_What is expected:_
The full listing should be set down exactly as it reads.

_Data for processing:_
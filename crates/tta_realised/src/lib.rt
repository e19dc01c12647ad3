//! The circuit of a built image does what the program does.
#![tactic(auto)]

mod laws;

pub use laws::{built_does, built_tells_none, circuit_does, circuit_tells_none, image_does};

_Result of the exercise:_
filename crates/tta_realised/src/lib.rt
repository e19dc01c12647ad3
//! The circuit of a built image does what the program does.
#![tactic(auto)]

mod laws;

pub use laws::{built_does, built_tells_none, circuit_does, circuit_tells_none, image_does};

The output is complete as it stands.